Stored items
......

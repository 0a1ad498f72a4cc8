//! The words of the language, in any ASCII letter case.

ghost use Rattle.std.specs.Prelude.{◌≡◌};
ghost use Rattle.wkt.specs.Reading.{is_word as word_test, is_left_out_kind as left_out_kind_test, is_left_out_form as left_out_form_test, kind_of as kind_at};

use crate::fault::WktFault;

/// The kind of shape that a keyword announces.
#[derive(Clone, Copy)]
pub(crate) enum Kind {
    Point,
    LineString,
    Polygon,
}

/// Whether `bytes` are this word, in any letter case.
fn is_word(word: &[u8], bytes: &[u8]) -> bool
    ensures { result ≡ word_test word.now bytes.now }
{
    bytes.eq_ignore_ascii_case(word)
}

/// Whether this word announces a kind of geometry that is not supported.
fn is_left_out_kind(word: &[u8]) -> bool
    ensures { result ≡ left_out_kind_test word.now }
{
    is_word(b"MULTIPOINT", word)
        || is_word(b"MULTILINESTRING", word)
        || is_word(b"MULTIPOLYGON", word)
        || is_word(b"GEOMETRYCOLLECTION", word)
}

/// The kind that the first word, at `at`, announces.
#[tactic(auto, unfolding(crate::specs::Reading::kind_of))]
pub(crate) fn kind_of(at: usize, word: &[u8]) -> Result<Kind, WktFault>
    ensures { result ≡ kind_at (at, word.now) }
{
    if is_word(b"POINT", word) {
        return Ok(Kind::Point);
    }
    if is_word(b"LINESTRING", word) {
        return Ok(Kind::LineString);
    }
    if is_word(b"POLYGON", word) {
        return Ok(Kind::Polygon);
    }
    Err(if is_left_out_kind(word) {
        WktFault::LeftOut(at)
    } else {
        WktFault::UnknownWord(at)
    })
}

/// Whether the standard allows this word after a keyword, where it is not supported.
pub(crate) fn is_left_out_form(word: &[u8]) -> bool
    ensures { result ≡ left_out_form_test word.now }
{
    is_word(b"EMPTY", word) || is_word(b"Z", word) || is_word(b"M", word) || is_word(b"ZM", word)
}
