//! The points of a ring.

ghost use Rattle.std.specs.Prelude.{◌≡◌, ◌+◌, ◌++◌, ◌∷◌, [], Ok, IfOk, length, take};
ghost use Rattle.wkt.specs.Tokens.{tokens};
ghost use Rattle.wkt.specs.Kept.{kept};
ghost use Rattle.wkt.specs.Reading.{Gives, ring_at};

use crate::fault::WktFault;
use crate::fields::{more, pair};
use crate::tokens::Rest;
use arrayvec::ArrayVec;
use plane::{LISTED_LIMIT, Point};

/// How many points of a ring are kept: one more than a ring may list, which is enough to find that
/// a longer ring has too many.
pub(crate) const KEPT: usize = LISTED_LIMIT + 1;

/// Appends a point, or drops it if `KEPT` points are there.
fn keep(listed: &mut ArrayVec<Point, KEPT>, point: Point)
    ensures { listed.new.items ≡ take KEPT (listed.old.items ++ point ∷ []) }
{
    if listed.len() < KEPT {
        listed.push(point);
    }
}

/// Reads the points of a ring, up to its closing bracket. Of a longer ring, only the first `KEPT`
/// points are kept.
pub(crate) fn ring(text: Rest<'_>) -> Result<(ArrayVec<Point, KEPT>, Rest<'_>), WktFault>
    ensures gives { Gives (λ r. (r.0.items, tokens r.1.at r.1.bytes.now)) result
        (kept (ring_at (text.entry.at + length text.entry.bytes.now)
        (tokens text.entry.at text.entry.bytes.now))) }
    ensures rest { IfOk result
        (λ r. r.1.at + length r.1.bytes.now ≡ text.entry.at + length text.entry.bytes.now) }
{
    let mut listed = ArrayVec::new();
    let mut text = text;
    'pairs: loop {
        let (point, after) = pair(text)?;
        keep(&mut listed, point);
        let (is_more, rest) = more(after)?;
        if !is_more {
            return Ok((listed, rest));
        }
        text = rest;
    }
}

......

Work order: Search the data above for the string "after" and copy each line that has it.

Answer box:
/// Whether the standard allows this word after a keyword, where it is not supported.
        let (point, after) = pair(text)?;
        let (is_more, rest) = more(after)?;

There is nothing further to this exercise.